The theme is supported, quite successfully, with the glimpse we get into his first wife, Mileva Maric’s life–her isolating journey into pursuing her own scientific degree in a time where women in academics were rare.

She is constantly overshadowed by her male counterparts in class, because her professors refuse to take her seriously, not because she can’t perform–she actually beat Einstein’s own math score when admitted into university.

Even though Einstein says he is in love with her mind, and wants to be with a woman who can discuss deep matters with him (which sure, is “commendable” for a time where his friends say “wives aren’t for that”), Einstein still doesn’t get it.

Instead, his career comes first, even though she becomes pregnant with his child while they are unmarried and needs his support. Her career, like many women even today, is put on hold for her family. Einstein doesn’t have to choose. She does. This is true of Maric’s real life—she never published a scientific paper or ever was able to finish her degree, although it is rumored that she helped Einstein in his own papers.

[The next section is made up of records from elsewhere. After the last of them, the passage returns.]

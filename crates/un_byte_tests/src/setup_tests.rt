//! The set-up of ECM, NCM and EEM byte for byte, that of RNDIS, and the worked refusals.

use std::test::Fail;
use un_desc::FunctionKind;
use un_frame::{Class, Params};
use un_setup::{Agreed, SetupFault, agree};

/// The set-up packets of NCM, in NTB16.
const NCM: [[u8; 8]; 8] = [
    [0x80, 0x06, 0x00, 0x02, 0x00, 0x00, 0xff, 0x00],
    [0x00, 0x09, 0x01, 0x00, 0x00, 0x00, 0x00, 0x00],
    [0xa1, 0x80, 0x00, 0x00, 0x00, 0x00, 0x1c, 0x00],
    [0x21, 0x84, 0x00, 0x00, 0x00, 0x00, 0x00, 0x00],
    [0x21, 0x86, 0x00, 0x00, 0x00, 0x00, 0x04, 0x00],
    [0x21, 0x88, 0x00, 0x00, 0x00, 0x00, 0x02, 0x00],
    [0x21, 0x43, 0x0e, 0x00, 0x00, 0x00, 0x00, 0x00],
    [0x01, 0x0b, 0x01, 0x00, 0x01, 0x00, 0x00, 0x00],
];

/// The NTB parameters of these.
const PARAMETERS: [u8; 28] = [
    0x1c, 0x00, 0x01, 0x00, 0x00, 0x40, 0x00, 0x00, 0x04, 0x00, 0x00, 0x00, 0x04, 0x00, 0x00, 0x00,
    0x00, 0x40, 0x00, 0x00, 0x04, 0x00, 0x00, 0x00, 0x04, 0x00, 0x20, 0x00,
];

/// The configuration of ECM.
const ECM: [u8; 80] = [
    0x09, 0x02, 0x50, 0x00, 0x02, 0x01, 0x00, 0x80, 0x32, 0x09, 0x04, 0x00, 0x00, 0x01, 0x02, 0x06,
    0x00, 0x00, 0x05, 0x24, 0x00, 0x10, 0x01, 0x05, 0x24, 0x06, 0x00, 0x01, 0x0d, 0x24, 0x0f, 0x01,
    0x00, 0x00, 0x00, 0x00, 0xea, 0x05, 0x00, 0x00, 0x00, 0x07, 0x05, 0x82, 0x03, 0x10, 0x00, 0x09,
    0x09, 0x04, 0x01, 0x00, 0x00, 0x0a, 0x00, 0x00, 0x00, 0x09, 0x04, 0x01, 0x01, 0x02, 0x0a, 0x00,
    0x00, 0x00, 0x07, 0x05, 0x81, 0x02, 0x00, 0x02, 0x00, 0x07, 0x05, 0x01, 0x02, 0x00, 0x02, 0x00,
];

const SPEED: [u8; 16] = [
    0xa1, 0x2a, 0x00, 0x00, 0x00, 0x00, 0x08, 0x00, 0x00, 0x38, 0x9c, 0x1c, 0x00, 0x38, 0x9c, 0x1c,
];

const CONNECTED: [u8; 8] = [0xa1, 0x00, 0x01, 0x00, 0x00, 0x00, 0x00, 0x00];

#[test]
fn sets_ncm_up(rt: HostRuntime) -> Result<(), Fail> {
    let agreed = agree(rt.alloc(), &Params::of_class(Class::Ncm16))
        .ok()
        .ok_or("refused")?;
    let exchanges = agreed.exchanges.as_slice();
    assert_eq!(rt; exchanges.len(), 8);
    for (exchange, wanted) in exchanges.iter().zip(NCM.iter()) {
        assert_eq!(rt; exchange.setup.to_bytes(), *wanted);
    }
    assert_eq!(rt; exchanges[0].payload.as_slice().len(), 86);
    assert_eq!(rt; exchanges[2].payload.as_slice(), PARAMETERS.as_slice());
    assert_eq!(rt; exchanges[4].payload.as_slice(), [0, 0x40, 0, 0].as_slice());
    assert_eq!(rt; exchanges[5].payload.as_slice(), [0xea, 0x05].as_slice());
    let notes = agreed.notes.as_slice();
    assert_eq!(rt; notes.len(), 2);
    assert_eq!(rt; notes[0].as_slice(), SPEED.as_slice());
    assert_eq!(rt; notes[1].as_slice(), CONNECTED.as_slice());
    Ok(())
}

#[test]
fn sets_ecm_up(rt: HostRuntime) -> Result<(), Fail> {
    let ecm = Params::of_class(Class::Ecm);
    let agreed = agree(rt.alloc(), &ecm).ok().ok_or("refused")?;
    let exchanges = agreed.exchanges.as_slice();
    assert_eq!(rt; exchanges.len(), 4);
    let steps = [NCM[0], NCM[1], NCM[6], NCM[7]];
    for (exchange, wanted) in exchanges.iter().zip(steps.iter()) {
        assert_eq!(rt; exchange.setup.to_bytes(), *wanted);
    }
    assert_eq!(rt; exchanges[0].payload.as_slice(), ECM.as_slice());
    for exchange in exchanges.iter().skip(1) {
        assert_eq!(rt; exchange.payload.as_slice().len(), 0);
    }
    let notes = agreed.notes.as_slice();
    assert_eq!(rt; notes.len(), 2);
    assert_eq!(rt; notes[0].as_slice(), SPEED.as_slice());
    assert_eq!(rt; notes[1].as_slice(), CONNECTED.as_slice());
    Ok(())
}

#[test]
fn sets_eem_up(rt: HostRuntime) -> Result<(), Fail> {
    let eem = Params::of_class(Class::Eem);
    let agreed = agree(rt.alloc(), &eem).ok().ok_or("refused")?;
    assert_eq!(rt;
        (
            agreed.exchanges.as_slice().len(),
            agreed.notes.as_slice().len()
        ),
        (2, 0)
    );
    Ok(())
}

#[test]
fn agrees_on_rndis_at_once(rt: HostRuntime) -> Result<(), Fail> {
    let rndis = Params::of_class(Class::Rndis);
    let agreed = agree(rt.alloc(), &rndis).ok().ok_or("refused")?;
    assert_eq!(rt;
        (
            agreed.exchanges.as_slice().len(),
            agreed.notes.as_slice().len()
        ),
        (0, 0)
    );
    let function = agreed.function;
    assert_eq!(rt;
        (function.kind, function.segment, function.packet),
        (FunctionKind::Rndis, 1514, 512)
    );
    assert_eq!(rt;
        (
            function.control,
            function.interface,
            function.setting,
            function.bulk_in,
            function.bulk_out
        ),
        (0, 0, 0, 0, 0)
    );
    Ok(())
}

/// Why there is no agreement.
fn fault(agreed: Result<Agreed, SetupFault>) -> Option<SetupFault> {
    agreed.err()
}

#[test]
fn refuses_what_does_not_agree(rt: HostRuntime) {
    let large = Params {
        segment: 8192,
        block: 2048,
        ..Params::of_class(Class::Ncm16)
    };
    assert_eq!(rt;
        fault(agree(rt.alloc(), &large)),
        Some(SetupFault::NoFit {
            segment: 8192,
            block: 2048
        })
    );
    let three = Params {
        divisor: 3,
        ..Params::of_class(Class::Ncm16)
    };
    assert_eq!(rt;
        fault(agree(rt.alloc(), &three)),
        Some(SetupFault::BadDivisor {
            divisor: 3,
            remainder: 0
        })
    );
    let six = Params {
        alignment: 6,
        ..Params::of_class(Class::Ncm16)
    };
    assert_eq!(rt;
        fault(agree(rt.alloc(), &six)),
        Some(SetupFault::BadAlignment { alignment: 6 })
    );
}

While some scholars tend to pooh pooh the idea of Maric’s influence over Einstein’s work, I can’t help but question that tendency as a form of subtle sexism. It’s not a secret she was brilliant, and was his classmate–and even if she didn’t actually write passages, it would be remiss to think she and Einstein didn’t discuss his ideas, and in some way, influence him.

This, of course, also makes sense as to why Einstein agreed to give Maric the earnings from his 1925 Nobel Prize in their divorce proceedings. Scientific American also poses the point that Maric may have agreed to a supporting role initially (as in December 1900, they submitted an article on capillarity signed only under his name), as a way to help him get a job so he could marry her in the first place (which is also reflected in letters they both sent to friends):

“Mileva wrote to Helene Savić on 20 December 1900. ‘We will send a private copy to Boltzmann to see what he thinks and I hope he will answer us.’ Likewise, Albert wrote to Mileva on 4 April 1901, saying that his friend Michele Besso ‘visited his uncle on my behalf, Prof. Jung, one of the most influential physicists in Italy and gave him a copy of our article.’

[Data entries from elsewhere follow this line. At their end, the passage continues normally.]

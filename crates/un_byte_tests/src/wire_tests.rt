//! Codecs of each class: frames there and back, and a cursor's walk.

ghost use Rattle.std.specs.Prelude.{◌≡◌, ◌≤◌, [], IsTrue, length};
ghost use Rattle.un_frame.specs.Params.{Agree, AreInRange};
ghost use Rattle.un_frame.specs.Wire.{capacity_of, frame_fits};
ghost use Rattle.un_wire.specs.Codings.{coding_of};

use std::test::Fail;
use un_frame::{Class, Fault, Kind, Params};
use un_req::{Pool, Request};
use un_wire::{Codec, Wire};

/// The block of one frame of 60 bytes, to 02:00:00:00:00:02 from 02:00:00:00:00:01.
const BLOCK: [u8; 92] = *b"NCMH\x0c\0\0\0\x5c\0\x4c\0\
\0\0\x02\0\0\0\0\x02\x02\0\0\0\0\x01\x08\0\
\0\0\0\0\0\0\0\0\0\0\0\0\0\0\0\0\0\0\0\0\0\0\0\
\0\0\0\0\0\0\0\0\0\0\0\0\0\0\0\0\0\0\0\0\0\0\0\
\0\0NCM0\x10\0\0\0\x0e\0\x3c\0\0\0\0\0";

/// The data message of RNDIS with the same frame, and one byte more, which may follow a message.
const MESSAGE: [u8; 105] = *b"\x01\0\0\0\x68\0\0\0\x24\0\0\0\x3c\0\0\0\
\0\0\0\0\0\0\0\0\0\0\0\0\0\0\0\0\0\0\0\0\0\0\0\0\0\0\0\0\
\x02\0\0\0\0\x02\x02\0\0\0\0\x01\x08\0\
\0\0\0\0\0\0\0\0\0\0\0\0\0\0\0\0\0\0\0\0\0\0\0\
\0\0\0\0\0\0\0\0\0\0\0\0\0\0\0\0\0\0\0\0\0\0\0\0";

/// Writes a transfer of one frame.
fn write_one(codec: &mut Codec, request: &mut Request, frame: &[u8])
    requires empty { request.old.bytes ≡ [] }
    requires capacity { capacity_of (coding_of codec.old).params ≤ request.old.capacity }
    requires least { 14 ≤ length frame.now }
    requires fits { IsTrue (frame_fits (coding_of codec.old).params [] (length frame.now)) }
{
    codec.start(request);
    codec.append(request, frame);
    codec.close(request, 0);
}

/// Writes a transfer of a frame, and of the same frame once more where that fits; answers whether it did.
fn write_both(codec: &mut Codec, request: &mut Request, frame: &[u8]) -> bool
    requires empty { request.old.bytes ≡ [] }
    requires capacity { capacity_of (coding_of codec.old).params ≤ request.old.capacity }
    requires least { 14 ≤ length frame.now }
    requires fits { IsTrue (frame_fits (coding_of codec.old).params [] (length frame.now)) }
    requires small { length frame.now ≤ 8192 }
{
    codec.start(request);
    codec.append(request, frame);
    if !codec.fits(frame.len() as u32) {
        codec.close(request, 0);
        return false;
    }
    codec.append(request, frame);
    codec.close(request, 0);
    true
}

/// The parameters of a link of EEM whose transfers have at most 2,048 bytes, and so many frames.
fn eem_params(datagrams: u32) -> Params
    requires { datagrams ≤ 1024 }
    ensures in_range { AreInRange result }
    ensures agree { Agree result }
{
    Params {
        block: 2048,
        datagrams,
        ..Params::of_class(Class::Eem)
    }
}

/// Packets stand one after the other while they fit; a frame past the block, or past the limit, is one for the next transfer.
#[test]
fn packets_of_two_frames(rt: HostRuntime) -> Result<(), Fail> {
    let rows = [
        (60, 0, true, 132),
        (60, 2, true, 132),
        (60, 1, false, 66),
        (1017, 0, true, 2046),
        (1018, 0, false, 1026),
        (1500, 32, false, 1506),
    ];
    for (size, datagrams, both, whole) in rows {
        assert!(rt; 14 <= size && size <= 1500 && datagrams <= 1024);
        let frame = &[0; 1500][..size];
        let mut codec = Codec::make(rt.alloc(), &eem_params(datagrams))?;
        let mut pool = Pool::make(rt.alloc(), 1, codec.capacity())?;
        let mut request = pool.take().ok_or("none is home")?;
        assert!(rt; codec.fits(size as u32));
        assert_eq!(rt; write_both(&mut codec, &mut request, frame), both);
        assert_eq!(rt; request.bytes().len(), whole);
        let mut parts = codec.read(request.bytes()).ok().ok_or("a fault")?;
        assert_eq!(rt; parts.count(), 1 + both as u64);
        assert!(rt; parts.next() == Some(frame));
    }
    Ok(())
}

#[test]
fn a_frame_there_and_back(rt: HostRuntime) -> Result<(), Fail> {
    let frame = &BLOCK[14..74];
    for (class, length) in [
        (Class::Ecm, 60),
        (Class::Eem, 66),
        (Class::Ncm16, 92),
        (Class::Ncm32, 112),
        (Class::Rndis, 104),
    ] {
        let mut codec = Codec::make(rt.alloc(), &Params::of_class(class))?;
        let mut pool = Pool::make(rt.alloc(), 1, codec.capacity())?;
        let mut request = pool.take().ok_or("none is home")?;
        assert_eq!(rt; codec.count(), 0);
        assert!(rt; codec.fits(60));
        write_one(&mut codec, &mut request, frame);
        assert_eq!(rt; request.bytes().len(), length);
        let mut parts = codec.read(request.bytes()).ok().ok_or("a fault")?;
        assert_eq!(rt; (parts.count(), parts.commands()), (1, 0));
        assert!(rt; parts.next() == Some(frame));
        assert!(rt; parts.next().is_none());
    }
    Ok(())
}

#[test]
fn a_cursor_walks_a_block(rt: HostRuntime) -> Result<(), Fail> {
    let codec = Codec::make(rt.alloc(), &Params::of_class(Class::Ncm16))?;
    let mut cursor = codec.cursor(&BLOCK).ok().ok_or("a fault")?;
    assert!(rt; codec.part_at(&BLOCK, &cursor) == Some(&BLOCK[14..74]));
    assert!(rt; codec.advance(&BLOCK, &mut cursor));
    assert!(rt; codec.part_at(&BLOCK, &cursor).is_none());
    Ok(())
}

/// A message is written byte for byte, and holds one frame of at most a segment.
#[test]
fn a_message_is_written(rt: HostRuntime) -> Result<(), Fail> {
    let mut codec = Codec::make(rt.alloc(), &Params::of_class(Class::Rndis))?;
    let mut pool = Pool::make(rt.alloc(), 1, codec.capacity())?;
    let mut request = pool.take().ok_or("none is home")?;
    assert_eq!(rt; codec.capacity(), 1558);
    assert!(rt; codec.fits(1514) && !codec.fits(1515));
    assert!(rt; codec.fits(60));
    assert!(rt; !write_both(&mut codec, &mut request, &BLOCK[14..74]));
    assert!(rt; request.bytes() == &MESSAGE[..104]);
    Ok(())
}

/// The frames that the codec reads in a transfer, or the first fault.
fn frames_in(codec: &Codec, bytes: &[u8]) -> Result<u64, Fault> {
    Ok(codec.read(bytes)?.count())
}

/// One byte may follow a message. Less than a message is a fault, and so is one byte alone.
#[test]
fn messages_are_read(rt: HostRuntime) -> Result<(), Fail> {
    let codec = Codec::make(rt.alloc(), &Params::of_class(Class::Rndis))?;
    for (size, count) in [(0, 0), (104, 1), (105, 1)] {
        assert!(rt; size <= 105);
        assert_eq!(rt; frames_in(&codec, &MESSAGE[..size]), Ok(count));
    }
    for (size, kind, at) in [
        (1, Kind::Truncated, 0),
        (43, Kind::Truncated, 0),
        (103, Kind::BadMessageLength, 4),
    ] {
        assert!(rt; size <= 105);
        assert_eq!(rt;
            frames_in(&codec, &MESSAGE[..size]),
            Err(Fault { kind, at })
        );
    }
    Ok(())
}

#[test]
fn a_cursor_walks_a_message(rt: HostRuntime) -> Result<(), Fail> {
    let codec = Codec::make(rt.alloc(), &Params::of_class(Class::Rndis))?;
    let mut cursor = codec.cursor(&MESSAGE).ok().ok_or("a fault")?;
    assert!(rt; codec.part_at(&MESSAGE, &cursor) == Some(&MESSAGE[44..104]));
    assert!(rt; codec.advance(&MESSAGE, &mut cursor));
    assert!(rt; codec.part_at(&MESSAGE, &cursor).is_none());
    Ok(())
}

Radmila Milentijević, a former history professor at City College in New York, published in 2015 Mileva’s most comprehensive biography. She suggests that Mileva probably wanted to help Albert make a name for himself, such that he could find a job and marry her. Dord Krstić, a former physics professor at Ljubljana University, spent 50 years researching Mileva’s life. In his well-documented book,  he suggests that given the prevalent bias against women at the time, a publication co-signed with a woman might have carried less weight.”

The show does a spectacular job at illuminating Einstein’s own sexism, and shining a light on the fact that the women in Einstein’s life suffer because of his carelessness and narcissism, illustrating that, of course, everyone has a dark side and few people can fully transcend their times–even geniuses.